Well, the Heat found themselves in an awkward position in the play-in, and it just got much more awkward.
After losing to this Hawks team, it’s officially win and you’re in, or lose and you’re out.
The problem is that even if they are in, the Bucks are standing there waiting.
But we will get to that soon. For now, let’s talk about this game…
#1: The Hawks punched first…and second…and third.
Well, that was quite the first half. Energy was going to be the key with this Heat team, and they lacked that even more than you can imagine. The offense was an awful watch by all means, but the defense was just sad to watch honestly. Easy switches, simple swing, bucket. Trae Young finding Tyler Herro or Max Strus, and going to work. Paint touch, kick-out, three. Repeat, repeat, repeat. That first half was an absolute route from the Hawks on offense, as they were just reacting to any coverage the Heat ran and knocking down the open shots. But like I said, the offense doesn’t deserve a break. 5 of 19 shooting at half from Jimmy Butler and Bam Adebayo is tough to look past. The reason it’s important is because it represented the amount of bunnies they missed. A surprising, yet not surprising, half of basketball for the Heat.
#2: Hello, Kyle Lowry?
There wasn’t many positives from the Heat across the first 24 minutes of basketball, but Kyle Lowry would definitely be the one. Somehow clawed his way to 19 points in the first half, and did it in an extremely smooth manner. He looked like he was playing in his Toronto days with the paint touches he was generating from possession to possession, and actually attempting shots at the rim. Also got to the line 5 times and knocked down a couple triples. He was the team’s best player in that first half by far. Now if I was to present this information prior to tip-off, I already know everybody’s response: “oh, the Heat are winning by 20.” Except with that level of play, they were actually the ones down 20. Just an odd profile.
#3: Okay, the transition offense needs some words.
We often joke about the Tyler Herro transition pull-up triples.
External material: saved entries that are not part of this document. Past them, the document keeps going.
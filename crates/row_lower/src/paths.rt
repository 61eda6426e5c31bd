//! The paths of the attributes that parts make.

ghost use Rattle.std.specs.Prelude.{◌≡◌, IfOk};
ghost use Rattle.plan_programs.specs.Rows as rows;

use io_edge::NoMemory;
use key_paths::{Path, is_path};
use program_writers::paths::{numbered, out};
use std::alloc::Global;

/// A text that is a path, or `.out` in place of one that is none.
pub fn named_path(alloc: Global, text: &str) -> Result<Path, NoMemory>
    ensures { IfOk result (λ p. p ≡ rows.named_path text.now) }
{
    if text.len() < 1 << 32 && is_path(text.as_bytes()) {
        Path::of(alloc, text)
    } else {
        out(alloc)
    }
}

/// The path of the k-th column that is asked for.
pub fn value_path(alloc: Global, k: usize) -> Result<Path, NoMemory>
    ensures { IfOk result (λ p. p ≡ rows.value_path k) }
{
    numbered(alloc, ".v", k)
}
You never know when they’re coming, and Erik Spoelstra only can’t say anything when they drop, as Herro noted to me recently. But in reality, this team’s fast-break play is exactly what I just said: a joke. We got one of those Herro transition 3’s early in the game as Miami had a 2-on-1, while Bam Adebayo parked under the basket. Missed opportunity. Another time rolling down the floor with some momentum, the ball found Caleb Martin on the right wing. Instead of running with numbers, he took that jumper that gave Atlanta the ball right back. Missed opportunity. Then to cap it all off, Herro circulating the floor and snakes into the lane in transition, yet he doesn’t meet a defender. He meets Caleb Martin who clobbers into him for another turnover. It’s one thing to not run in transition, and it’s another thing to not know how.
#4: The Heat’s third quarter counter punch: Tyler Herro going at Trae Young.
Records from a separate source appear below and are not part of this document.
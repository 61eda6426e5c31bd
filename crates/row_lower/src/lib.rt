//! The rows of a table, and those of them for which conditions are true, as statements of the algebra.
//!
//! What is written is what `plan_programs` defines.
#![tactic(auto)]

pub mod parts;
mod paths;
pub mod rows;
pub mod sites;

pub use rows::{kept, rows_of};
pub use sites::{Base, value_of};
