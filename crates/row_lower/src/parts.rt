//! Operands and control vectors that several parts use.

ghost use Rattle.std.specs.Prelude.{◌≡◌, IfOk};
ghost use Rattle.program_writers.specs.Statements as spec;

use control_vectors::ControlVector;
use io_edge::{Name, NoMemory};
use program_writers::operators::attribute;
use program_writers::paths::{mark, out};
use programs::Operand;
use std::alloc::Global;

/// What an operator made.
pub fn made(alloc: Global, a: &Name) -> Result<Operand, NoMemory>
    ensures { IfOk result (λ x. x ≡ spec.attribute a.now spec.out) }
{
    let out = out(alloc)?;
    attribute(alloc, a, &out)
}

/// The mark of a vector.
pub fn mark_of(alloc: Global, a: &Name) -> Result<Operand, NoMemory>
    ensures { IfOk result (λ x. x ≡ spec.attribute a.now spec.mark) }
{
    let mark = mark(alloc)?;
    attribute(alloc, a, &mark)
}

/// 0 everywhere.
pub fn zeros() -> ControlVector
    ensures { result ≡ spec.zeros }
{
    match ControlVector::new(0, 0, 0, 1) {
        Some(control) => control,
        None => unreachable!(),
    }
}

/// 1 everywhere.
pub fn ones() -> ControlVector
    ensures { result ≡ spec.ones }
{
    match ControlVector::new(1, 0, 0, 1) {
        Some(control) => control,
        None => unreachable!(),
    }
}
The start of the second half was the counter punch the Heat needed. As I detailed before this game, this isn’t last year anymore with how Atlanta is guarding Tyler Herro. No more Delon Wright hounding, instead it’s Trae Young baiting. Basically daring him: “Hey, takeover.” So the Heat said to kick off the third: “Hey Tyler, just go at him.” So he did, and cooked him 3 straight possessions into mid-range jumpers before the Hawks called time-out. And then the Heat caught a flow. Hitting shots, defending much better, role players stepping up. All of a sudden it was a 5 point game and Herro no longer had Young on him. They already adjusted, since they were just waiting to see if he’d do it. I can talk about the things that went right in that third quarter to make it a game, but the credit really goes to Herro for opening up the menu.
#5: The fourth quarter:
Hello, Kyle Lowry…again. One Kyle Lowry section wasn’t enough after his start to the fourth quarter. Down 13, entering the Jimmy Butler minutes. The Heat just needed something, and well Lowry answered again. Tough lay-ins, wild passes, and two massive pull-up 3’s before Butler re-entered with under 8 minutes to go. Heat winning the non-Butler minutes through their back-up PG? Well, they were only down 6 at that point, yet it fluctuated right back up to 11 after the Heat just couldn’t finish defensive possessions with the offensive rebounding disparity. Down 102-91 with 6 minutes left. Yet Lowry just kept fighting back by himself. Pindown, handoff, 3. Pindown, handoff, 3. Best game in a Heat uniform for him. Yet it never seemed to make a mark on the responding Hawks. Heat blitz, Hawks swing and shoot, and another rebound they would find for a dunk. The same formula was getting the same result.